▶ [Task objective] Filter the listing and keep only the lines with the word "place".

<<<<

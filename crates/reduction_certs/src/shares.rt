//! Shares of the operators of a task.

ghost use Rattle.std.specs.Prelude.{◌≡◌, ℕ, ◌<◌, ◌≤◌, All, IfSome, length, slice_index, slice_index_or, IfOk};
ghost use Rattle.std.specs.Option.{option_map_or};
ghost use Rattle.fdr.specs.Limits.{max_operators};
ghost use Rattle.checker_clauses.specs.Clauses.{share_of};
ghost use Rattle.reduction_certs.specs.InTask as spec;

use cert_value::Share;
use std::alloc::{AllocError, Global};

/// Returns the share of each of the first `count` operators.
fn amounts_of(alloc: Global, count: usize, shares: &[Share]) -> Result<Vec<u32>, AllocError>
    ensures len { IfOk result (λ amounts. length amounts.items ≡ count) }
    ensures amounts { IfOk result (λ amounts. (o : ℕ) → o < count → slice_index amounts.items o ≡ share_of shares.now o) }
{
    let mut amounts = vec![in alloc; 0; count]?;
    // from the last share to the first, since an operator that is listed twice has the first of its shares
    for place in 0..shares.len() {
        let share = shares[shares.len() - 1 - place];
        let operator = share.operator as usize;
        if operator >= count {
            continue;
        }
        amounts[operator] = share.amount;
    }
    Ok(amounts)
}

/// Returns the share of the operator with this representative. `amounts` has the shares of representatives.
fn amount_of(amounts: &[u32], representative: Option<usize>) -> u32
    requires { IfSome representative (λ k. k < length amounts.now) }
    ensures { result ≡ option_map_or (slice_index amounts.now) representative 0 }
{
    match representative {
        Some(operator) => amounts[operator],
        None => 0,
    }
}

/// Returns the shares of the operators of a task. `count` is the number of retained operators, and `shares` are theirs.
pub(crate) fn shares_in_task(
    alloc: Global,
    count: usize,
    representatives: &[Option<usize>],
    shares: &[Share],
) -> Result<Vec<Share>, AllocError>
    requires few { length representatives.now ≤ max_operators }
    requires exist { All (λ r. IfSome r (λ k. k < count)) representatives.now }
    ensures { IfOk result (λ made. made.items ≡ spec.shares_in_task representatives.now shares.now) }
{
    let amounts = amounts_of(alloc, count, shares)?;
    let mut made = Vec::new(alloc);
    for operator in 0..representatives.len() {
        let amount = amount_of(&amounts, representatives[operator]);
        if amount == 0 {
            continue;
        }
        made.push(Share {
            operator: operator as u32,
            amount,
        })?;
    }
    Ok(made)
}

>>>>

▶ [Expected answer]
    for place in 0..shares.len() {
        let share = shares[shares.len() - 1 - place];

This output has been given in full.